The earliest reference to the use of cannabis as an inebriant was in 430 B.C., when the Greek historian Herodotus of Halicarnassus wrote that the Scythians burned the seeds and inhaled the smoke to induce intoxication during funerals. The plant is also mentioned several times (as “kaneh-bosem,” ) in the Old Testament (as Yahweh’s instruction to Moses in Exodus 30:23) as a bartering material, incense, and an ingredient in holy anointing oil; it was likely used by the high priests of the temple as well as by Jesus. At that time in history, the word messiah simply meant “the anointed one.” Use of the plant as an inebriant spread to the Muslim world and North Africa by 1000 A.D. and became epidemic by the 12th century. The exploring Spaniards likely brought kanehbos, by now probably pronounced as cannabis, to the New World in about 1545.
Meanwhile, let’s not forget that other, more humdrum role that cannabis has played in history. English settlers brought it, as well as tobacco, to Jamestown, Virginia, by 1611 and used its fibres to make rope. In the 1700s, George Washington grew cannabis on his farm and, according to entries in his diary, maintained a keen interest in cultivating better strains of the plant, evidently for the purpose of producing a better quality of rope. In 1942, the U.S. government made a number of movie-shorts aimed at encouraging farmers to plant hemp, or cannabis, for wartime use as a rope. Other rather famous historical uses of cannabis fibre are said to include Chinese paper, the ropes and sails on Christopher Columbus’s ships, the Declaration of Independence, World War II parachutes, and the first Levi jeans.
Today, when most people hear the term marijuana, they think of the leafy material from C. indica that is generally smoked. It contains 2% to 5% THC. Sinsemilla or ganja, made from the unpollinated female cannabis plant, may contain up to 15% THC. Hashish, which is actually the Arabic word for grass (which might explain the slang term for this plant), is made from a dried concentrate of the resin of cannabis flowers and contains about 8% to 14% THC. Hashish oil typically has from 15% to 60% THC, and bhang, a drink popular in India that is made of cannabis leaves, milk, sugar, and spices, has 2% to 5% THC. Kief (from the Arabic kaif meaning “pleasure, well-being”) is made from the dried resin of C. indica and usually has very high THC levels. Budder is a processed and concentrated form of hashish oil that is reported to contain between 82% and 99% THC by weight. Given its potency and effectiveness, it probably takes a lot of bread to buy this budder.

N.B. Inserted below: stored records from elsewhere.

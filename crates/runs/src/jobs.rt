// What the programs do, each with an open file and arrays of its own, as long as the program's.
use format::rows::*;
use std::io;
use std::io::{Read, Write};

// As `inspect`.
fn list<R: Read, W: Write>(file: &mut R, out: &mut W) -> io::Result<()> {
    let mut raw = [0u8; 16384];
    let mut text = [0u8; 49152];
    let mut cues = [[0u64; CUE_WORDS]; 1024];
    let mut regions = [[0u64; REGION_WORDS]; 1024];
    let mut styles = [[0u64; STYLE_WORDS]; 1024];
    listing::show_file(
        file,
        out,
        &mut raw,
        &mut text,
        &mut cues,
        &mut regions,
        &mut styles,
    )
}

// As `rewrite`.
fn rewrite<R: Read, W: Write>(file: &mut R, out: &mut W) -> io::Result<()> {
    let mut raw = [0u8; 16384];
    let mut text = [0u8; 49152];
    let mut room = [0u8; 65536];
    let mut cues = [[0u64; CUE_WORDS]; 1024];
    let mut regions = [[0u64; REGION_WORDS]; 1024];
    let mut styles = [[0u64; STYLE_WORDS]; 1024];
    file_rewriting::rewrite_file(
        file,
        out,
        &mut raw,
        &mut text,
        &mut cues,
        &mut regions,
        &mut styles,
        &mut room,
    )
}

// As `mend`.
fn mend<R: Read, W: Write>(file: &mut R, out: &mut W) -> io::Result<()> {
    // A request line of 4,096 bytes, its LF, and a file of 16,384.
    let mut input = [0u8; 20481];
    let mut text = [0u8; 49152];
    let mut room = [0u8; 65536];
    file_mending::mend_file(file, out, &mut input, &mut text, &mut room)
}

// As `outline`.
fn outline<R: Read, W: Write>(file: &mut R, out: &mut W) -> io::Result<()> {
    let mut raw = [0u8; 16384];
    let mut room = [0u8; 16384];
    let mut nodes = [[0u64; NODE_WORDS]; 4096];
    listing::trees::show_file(file, out, &mut raw, &mut room, &mut nodes)
}

// Nothing where the path's first letter begins the name of no folder: lists, rewritten, mended, outlined.
pub(crate) fn run<R: Read, W: Write>(path: &[u8], file: &mut R, out: &mut W) -> io::Result<()> {
    if path.len() == 0 {
        return Ok(());
    }
    match path[0] {
        b'l' => list(file, out),
        b'r' => rewrite(file, out),
        b'm' => mend(file, out),
        b'o' => outline(file, out),
        _ => Ok(()),
    }
}
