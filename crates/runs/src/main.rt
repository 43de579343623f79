// Prints, for each file that an argument names with its folder, its name and what the program that the folder stands for prints of it.
#![tactic(auto)]

mod jobs;

ghost use Rattle.std.specs.Prelude.{◌≤◌, length};

use listing::files;
use std::env::Env;
use std::fs::Files;
use std::io;
use std::io::Write;

// Where the name begins, after the folder and its slash.
fn name_start(path: &[u8]) -> usize
    ensures { result ≤ length path.now }
{
    for i in 0..path.len() {
        if path[i] == b'/' {
            return i + 1;
        }
    }
    path.len()
}

fn print_name<W: Write>(out: &mut W, path: &[u8]) -> io::Result<()> {
    let start = name_start(path);
    out.write_all(b"file\t")?;
    out.write_all(&path[start..])?;
    out.write_all(b"\n")
}

fn run_path<R: Files, W: Write, E: Write>(
    rt: &R,
    out: &mut W,
    err: &mut E,
    path: &[u8],
) -> io::Result<()> {
    print_name(out, path)?;
    match files::open(rt, path) {
        Ok(mut file) => jobs::run(path, &mut file, out),
        Err(why) => files::fail(err, path, why),
    }
}

// Is there an argument of this number. What it names is run.
fn run_argument<R: Files + Env, W: Write, E: Write>(
    rt: &R,
    out: &mut W,
    err: &mut E,
    i: usize,
) -> io::Result<bool> {
    let mut path = [0u8; 256];
    let Some(n) = files::argument(rt, i, &mut path) else {
        return Ok(false);
    };
    run_path(rt, out, err, &path[..n])?;
    Ok(true)
}

// The first argument is the program's own name.
fn main(rt: HostRuntime) -> io::Result<()> {
    let mut out = rt.stdout();
    let mut err = rt.stderr();
    for i in 1..usize::MAX {
        if !run_argument(&rt, &mut out, &mut err, i)? {
            break;
        }
    }
    Ok(())
}
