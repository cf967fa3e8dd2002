//! How much there is to a member: its names in bytes, and its parts.

use lft_whole::{
    Assignment, Count, Effect, Expression, Member, Name, Parameter, Reference, Trigger, Width,
    WrittenValue,
};

/// A name, counted in bytes.
fn of_name(name: &Name) -> u64 {
    // One more than its bytes, as a name of one letter has a place in a list too.
    (name.text.len() as u64).saturating_add(1)
}

// All sums here saturate: a weight near that limit is refused by `spend` as any that is too large.
fn of_reference(reference: &Reference) -> u64 {
    let port = match &reference.port {
        Some(port) => of_name(port),
        None => 0,
    };
    of_name(&reference.head).saturating_add(port)
}

fn of_references(references: &[Reference]) -> u64 {
    let mut weight: u64 = 0;
    for reference in references {
        weight = weight.saturating_add(of_reference(reference));
    }
    weight
}

fn of_value(value: &Option<Expression>) -> u64 {
    match value {
        Some(expression) => of_expression(expression),
        None => 0,
    }
}

fn of_expression(expression: &Expression) -> u64 {
    match &expression.value {
        WrittenValue::Word(word) => (word.len() as u64).saturating_add(1),
        _ => 1,
    }
}

fn of_width(width: &Option<Width>) -> u64 {
    let mut weight: u64 = 0;
    if let Some(width) = width {
        for term in &width.terms {
            weight = weight.saturating_add(match &term.count {
                Count::Word(word) => (word.len() as u64).saturating_add(1),
                Count::WidthOf(reference) => of_reference(reference),
                _ => 1,
            });
        }
    }
    weight
}

fn of_triggers(triggers: &[Trigger]) -> u64 {
    let mut weight: u64 = 0;
    for trigger in triggers {
        weight = weight.saturating_add(match trigger {
            Trigger::Reference(reference) => of_reference(reference),
            _ => 1,
        });
    }
    weight
}

fn of_effects(effects: &[Effect]) -> u64 {
    let mut weight: u64 = 0;
    for effect in effects {
        weight = weight.saturating_add(match effect {
            Effect::Reference(reference) => of_reference(reference),
            _ => 1,
        });
    }
    weight
}

fn of_given(given: &[Assignment]) -> u64 {
    let mut weight: u64 = 0;
    for assignment in given {
        let value = of_expression(&assignment.value);
        weight = weight
            .saturating_add(of_name(&assignment.name))
            .saturating_add(value);
    }
    weight
}

/// How much there is to a parameter.
pub(crate) fn of_parameter(parameter: &Parameter) -> u64 {
    of_name(&parameter.name).saturating_add(of_value(&parameter.default))
}

/// How much there is to a member.
pub(crate) fn of_member(member: &Member) -> u64 {
    match member {
        Member::Port(port) => of_name(&port.name).saturating_add(of_width(&port.width)),
        Member::Timer(timer) => of_name(&timer.name)
            .saturating_add(of_value(&timer.offset))
            .saturating_add(of_value(&timer.period)),
        Member::Action(action) => of_name(&action.name).saturating_add(of_value(&action.min_delay)),
        Member::Reaction(reaction) => of_triggers(&reaction.triggers)
            .saturating_add(of_references(&reaction.uses))
            .saturating_add(of_effects(&reaction.effects))
            .saturating_add(1),
        Member::Instance(instance) => of_name(&instance.name)
            .saturating_add(of_name(&instance.reactor))
            .saturating_add(of_width(&instance.width))
            .saturating_add(of_given(&instance.given)),
        Member::Connection(connection) => of_references(&connection.sources)
            .saturating_add(of_references(&connection.destinations))
            .saturating_add(of_value(&connection.delay)),
        Member::Foreign { .. } => 1,
    }
}
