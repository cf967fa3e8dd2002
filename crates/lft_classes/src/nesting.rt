//! All reactors below the main one, contained ones first.

ghost use Rattle.std.specs.Prelude.{◌≡◌, ◌≤◌, ◌<◌, ℕ, Some, None, IfOk, IfSome, IfNone, OnOk, IsTrue, true, false};
ghost use Rattle.lft_classes.specs.declared.scopes.ReactorNames.{ReactorNames};
ghost use Rattle.lft_classes.specs.inner.{Causes.last_token, Walks.{IsWalk, IsWalkOver, IsList}, Nestings.IsNesting, Shapes.{inside, tables}};

use crate::deciding::decide;
use crate::making::shapes_of;
use crate::scopes::ReactorNames;
use crate::shapes::Shape;
use crate::walk::{Traversal, Visit};
use crate::work::Work;
use lft_whole::sources::{NoProgram, Place, SourceFile, Why};
use std::alloc::Global;

/// The shapes of the main reactor, which is the first one, and of all that it contains.
#[derive(Drop)]
pub struct Nesting<'a> {
    /// What may be listed still.
    pub work: Work,
    pub shapes: Vec<Shape<'a>>,
    /// The numbers of the shapes, contained ones first.
    pub order: Vec<usize>,
}

/// The next instance of a shape, as the number of the member and that of the shape in it.
fn next_child(shapes: &[Shape], visit: Visit) -> Option<(usize, usize)>
    ensures some { IfSome result (λ child. (inside (tables shapes.now) visit.node child.0 ≡ Some child.1) × ((k : ℕ) → visit.next ≤ k → k < child.0 → inside (tables shapes.now) visit.node k ≡ None)) }
    ensures none { IfNone result ((k : ℕ) → visit.next ≤ k → inside (tables shapes.now) visit.node k ≡ None) }
{
    let Some(shape) = shapes.get(visit.node) else {
        return None;
    };
    for number in visit.next..shape.children.len() {
        if let Some(child) = shape.child(number) {
            return Some((number, child.shape));
        }
    }
    None
}

/// Why a shape may not be in the instance of this number, as it contains that.
fn contains_itself(shapes: &[Shape], shape: usize, member: usize) -> NoProgram {
    let Some(found) = shapes.get(shape) else {
        // Neither comes, as the walk came to this member. Want of memory says nothing of a program.
        return NoProgram::NoMemory;
    };
    let Some(inherited) = found.member(member) else {
        return NoProgram::NoMemory;
    };
    NoProgram::at(Why::ContainsItself, inherited.file, inherited.at())
}

/// Goes on with the instances of the shape that is gone over; whether there was one.
fn step(shapes: &[Shape], work: &mut Work, walk: &mut Traversal) -> Result<bool, NoProgram>
    ensures walk { OnOk result ((first : ℕ) → IsWalk (inside (tables shapes.now)) first walk.old → IsWalk (inside (tables shapes.now)) first walk.new) }
    ensures over { IfOk result (λ more. more ≡ false → IsWalkOver walk.new) }
    ensures main { OnOk result (work.new.main ≡ work.old.main) }
    ensures work { IfOk result (λ more. IsTrue more → work.new.left < work.old.left) }
{
    let Some(visit) = walk.top() else {
        return Ok(false);
    };
    work.spend(1)?;
    let Some((member, inner)) = next_child(shapes, visit) else {
        walk.end()?;
        return Ok(true);
    };
    if walk.is_done(inner) {
        walk.pass(member.saturating_add(1))?;
        return Ok(true);
    }
    if walk.enter(inner)? {
        return Ok(true);
    }
    Err(contains_itself(shapes, visit.node, member))
}

/// The shapes, each behind those that it contains. None may contain itself.
fn order_of(alloc: Global, shapes: &[Shape], work: &mut Work) -> Result<Vec<usize>, NoProgram>
    ensures order { IfOk result (λ order. IsList (inside (tables shapes.now)) 0 order.items) }
    ensures main { OnOk result (work.new.main ≡ work.old.main) }
{
    let mut walk = Traversal::of(alloc, 0)?;
    'visits: loop {
        if !step(shapes, work, &mut walk)? {
            break;
        }
    }
    Ok(walk.into_listed())
}

/// The number of the last token of the first file, which is its end.
fn last_token(files: &[SourceFile]) -> usize
    ensures { result ≡ last_token files.now }
{
    match files.first() {
        // The end of the text has a spot, so there is one at least.
        Some(file) => file.spots.len().saturating_sub(1),
        None => 0,
    }
}

impl<'a> Nesting<'a> {
    /// The reactors of the files that the main one of the first file contains.
    pub fn of(alloc: Global, files: &'a [SourceFile]) -> Result<Nesting<'a>, NoProgram>
        ensures nesting { IfOk result (λ nesting. (scopes : ReactorNames) × IsNesting files.now scopes nesting) }
    {
        let scopes = ReactorNames::of(alloc, files)?;
        let main = scopes.main(last_token(files))?;
        let first = Work::of(Place {
            file: main.file,
            token: main.reactor.at,
        });
        let made = shapes_of(alloc, scopes, first, main)?;
        let (mut work, mut shapes) = made;
        let order = order_of(alloc, &shapes, &mut work)?;
        // A parameter is needed where one inside needs what it is given, so these come first.
        for place in 0..order.len() {
            decide(alloc, &mut shapes, order[place])?;
        }
        Ok(Nesting {
            work,
            shapes,
            order,
        })
    }
}
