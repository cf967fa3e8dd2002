//! How much is listed at most.

ghost use Rattle.std.specs.Prelude.{◌≡◌, ◌+◌, ◌<◌, OnOk, OnErr, IfErr};
ghost use Rattle.lft_whole.specs.declared.sources.{stop.NoProgram.TheVariants.Refused, why.Why.TheVariants.TooMuch};

use lft_whole::sources::{FileRefusal, NoProgram, Place, Why};

/// How many bytes of names, and things, may be listed of all reactors and settings together.
const MOST: u64 = 1 << 23;

/// What may be listed still. Bases in a long chain, and settings of a large reactor, make a product of two
/// lengths: so what is listed is counted before.
#[derive(Clone, Copy, Debug)]
pub struct Work {
    left: u64,
    main: Place,
}

impl Work {
    /// Nothing is listed yet. The main reactor is at the place.
    pub fn of(main: Place) -> Work
        ensures { result ≡ record { left = MOST; main = main } }
    {
        Work { left: MOST, main }
    }

    /// Counts what is to be listed.
    pub fn spend(&mut self, amount: u64) -> Result<(), NoProgram>
        ensures ok { OnOk result (self.old.left ≡ self.new.left + amount) }
        ensures main { self.new.main ≡ self.old.main }
        ensures few { OnErr result (self.old.left < amount) }
        ensures why { IfErr result (λ stop. stop ≡ Refused (record { why = TooMuch; place = self.old.main })) }
        ensures err { OnErr result (self.new ≡ self.old) }
    {
        match self.left.checked_sub(amount) {
            Some(left) => {
                self.left = left;
                Ok(())
            }
            None => Err(self.refused(Why::TooMuch)),
        }
    }

    /// A refusal of the program as a whole.
    pub fn refused(&self, why: Why) -> NoProgram
        ensures { result ≡ Refused (record { why = why; place = self.now.main }) }
    {
        NoProgram::Refused(FileRefusal {
            why,
            place: self.main,
        })
    }
}
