/// What the reactors of a chain have.
fn parts_of<'a>(
    alloc: Global,
    scopes: &ReactorNames<'a>,
    work: &mut Work,
    chain: &[usize],
) -> Result<Parts<'a>, NoProgram>
    ensures members { IfOk result (λ parts. located parts.members.items ≡ flat_map (members_at scopes.now) chain.now) }
    ensures parameters { IfOk result (λ parts. located_parameters parts.parameters.items ≡ flat_map (parameters_at scopes.now) chain.now) }
    ensures main { OnOk result (work.new.main ≡ work.old.main) }
    ensures cause { IfErr result IsTooMuch }
{
    let mut parts = Parts {
        members: Vec::new(alloc),
        parameters: Vec::new(alloc),
        // A reactor of nothing counts too, since each of its settings has a place in lists.
        weight: 1,
    };
    for place in 0..chain.len() {
        let number = item_at(chain, place);
        push_class(&mut parts, work, scopes, number)?;
    }
    Ok(parts)
}

/// Puts the name of the member of this number behind others, if it has one.
fn push_named<'a>(
    named: &mut Vec<Named<'a>>,
    number: usize,
    inherited: Inherited<'a>,
) -> Result<(), NoMemory>
    ensures each { OnOk result ((ps : List InheritedParameter) (ms : List Inherited) → slice_get ms number ≡ Some inherited.entry → EachNamed ps ms named.old.items → EachNamed ps ms named.new.items) }
    ensures kept { OnOk result ((q : List ℕ) (t : OwnThing) → HasNamed named.old.items q t → HasNamed named.new.items q t) }
    ensures has { OnOk result ((q : List ℕ) → option_map (λ n. string_bytes n.text) (name_of inherited.entry.member.now) ≡ Some q → HasNamed named.new.items q (OwnThing.Member number)) }
{
    let Some(name) = name_of(inherited.member) else {
        return Ok(());
    };
    named.push(Named {
        name: name.text.as_str(),
        thing: OwnThing::Member(number),
        file: inherited.file,
        at: name.at,
    })?;
    Ok(())
}
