//! A reactor behind all that it extends.

ghost use Rattle.std.specs.Prelude.{◌≡◌, ◌≤◌, ◌<◌, ℕ, Some, None, IfOk, OnOk, MatchOption, IsTrue, true, false};
ghost use Rattle.lft_classes.specs.inner.{Chains.{IsChain, base_of, bases_from}, Walks.{IsOrdered, IsWalkOver, IsWalk}};

use crate::scopes::ReactorNames;
use crate::walk::Traversal;
use crate::work::Work;
use lft_whole::sources::{NoProgram, Why};
use std::alloc::Global;

/// A base of a reactor, by number, and where its name stands.
#[derive(Clone, Copy)]
struct Base {
    class: usize,
    file: usize,
    at: usize,
}

/// The base of this number of a reactor.
fn base_at(
    scopes: &ReactorNames,
    work: &mut Work,
    class: usize,
    number: usize,
) -> Result<Option<Base>, NoProgram>
    ensures base { IfOk result (λ o. MatchOption o ((k : ℕ) → number ≤ k → base_of scopes.now class k ≡ None) (λ base. base_of scopes.now class number ≡ Some base.class)) }
    ensures main { OnOk result (work.new.main ≡ work.old.main) }
    ensures work { work.new.left ≤ work.old.left }
{
    let Some(here) = scopes.class(class) else {
        return Ok(None);
    };
    let Some(base) = here.reactor.bases.get(number) else {
        return Ok(None);
    };
    // The name is looked up once more for each reactor that extends this one, so its bytes count each time.
    work.spend(base.text.len() as u64)?;
    match scopes.get(here.file, base.text.as_str()) {
        Some(found) => Ok(Some(Base {
            class: found.number,
            file: here.file,
            at: base.at,
        })),
        None => Err(NoProgram::at(Why::NoReactor, here.file, base.at)),
    }
}

/// Goes on with the bases of the reactor that is gone over; whether there was one.
fn step(scopes: &ReactorNames, work: &mut Work, walk: &mut Traversal) -> Result<bool, NoProgram>
    ensures walk { OnOk result ((first : ℕ) → IsWalk (base_of scopes.now) first walk.old → IsWalk (base_of scopes.now) first walk.new) }
    ensures order { OnOk result ((first : ℕ) → IsWalk (base_of scopes.now) first walk.old → IsOrdered (bases_from scopes.now) first walk.old → IsOrdered (bases_from scopes.now) first walk.new) }
    ensures over { IfOk result (λ more. more ≡ false → IsWalkOver walk.new) }
    ensures main { OnOk result (work.new.main ≡ work.old.main) }
    ensures work { IfOk result (λ more. IsTrue more → work.new.left < work.old.left) }
{
    let Some(visit) = walk.top() else {
        return Ok(false);
    };
    // Each step counts, also one that passes a base: bases of bases may be met far more often than listed.
    work.spend(1)?;
    let Some(base) = base_at(scopes, work, visit.node, visit.next)? else {
        walk.end()?;
        return Ok(true);
    };
    // A base that was entered is met here once more when it is listed. Then the walk passes it.
    if walk.is_done(base.class) {
        // It never saturates: a base has this number.
        walk.pass(visit.next.saturating_add(1))?;
        return Ok(true);
    }
    if walk.enter(base.class)? {
        return Ok(true);
    }
    // Met and not listed: it is on the way here.
    Err(NoProgram::at(Why::ExtendsItself, base.file, base.at))
}

/// The reactor behind all that it extends at any depth, each once, a base of a base before it, and a first base
/// before a second.
pub(crate) fn chain(
    alloc: Global,
    scopes: &ReactorNames,
    work: &mut Work,
    class: usize,
) -> Result<Vec<usize>, NoProgram>
    ensures list { IfOk result (λ v. IsChain scopes.now class v.items) }
    ensures main { OnOk result (work.new.main ≡ work.old.main) }
{
    let mut walk = Traversal::of(alloc, class)?;
    'visits: loop {
        if !step(scopes, work, &mut walk)? {
            break;
        }
    }
    Ok(walk.into_listed())
}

Whatever its form, marijuana is today categorized as a gateway drug for its role in leading users to try other illegal drugs. Overall, statistics show that very few young people use other illegal drugs without first trying marijuana. But the majority of marijuana users (about 60%) do not go on to use any other illicit drugs. By contrast, according to some statistics, most users report having tried legal substances—cigarettes or beer—before trying marijuana. Thus, tobacco and alcohol products could be considered gateway drugs as well. It’s worth pointing out that that alcohol is considered as addictive as heroin, and tobacco is considered as addictive as crack cocaine.
What does marijuana do in the brain? It produces some excitatory behavioural changes, including euphoria, but it is not generally regarded as a stimulant. It can also produce some sedative effects, but not to the extent of a barbiturate or alcohol. It produces mild analgesic effects (pain relief ) as well, but this action is not related pharmacologically to the pain-relieving effects of opiates or aspirin. Finally, marijuana produces hallucinations at high doses, but its structure does not resemble LSD or any other drug formally categorized as a hallucinogen. Thus, marijuana’s effects on our body and brain are complex. Just how does it achieve these effects?
The very high potency and structure of the cannabinoids contained within the marijuana plant enable them to cross the blood-brain barrier and bind to a receptor for the brain’s very own endogenous cannabinoid neurotransmitter system. If this were not true, then the marijuana plant would be popular only for its use in making rope, paper, and cloth. The two currently identified neurotransmitter compounds (and there are probably more) in this system are anandamide, from the Sanskrit word ananda meaning “bliss,” and 2-AG (2-arachidonoyl-glycerol). Unlike the other neurotransmitters that I’ve discussed, these two “endocannabinoids” are not stored in synaptic vesicles.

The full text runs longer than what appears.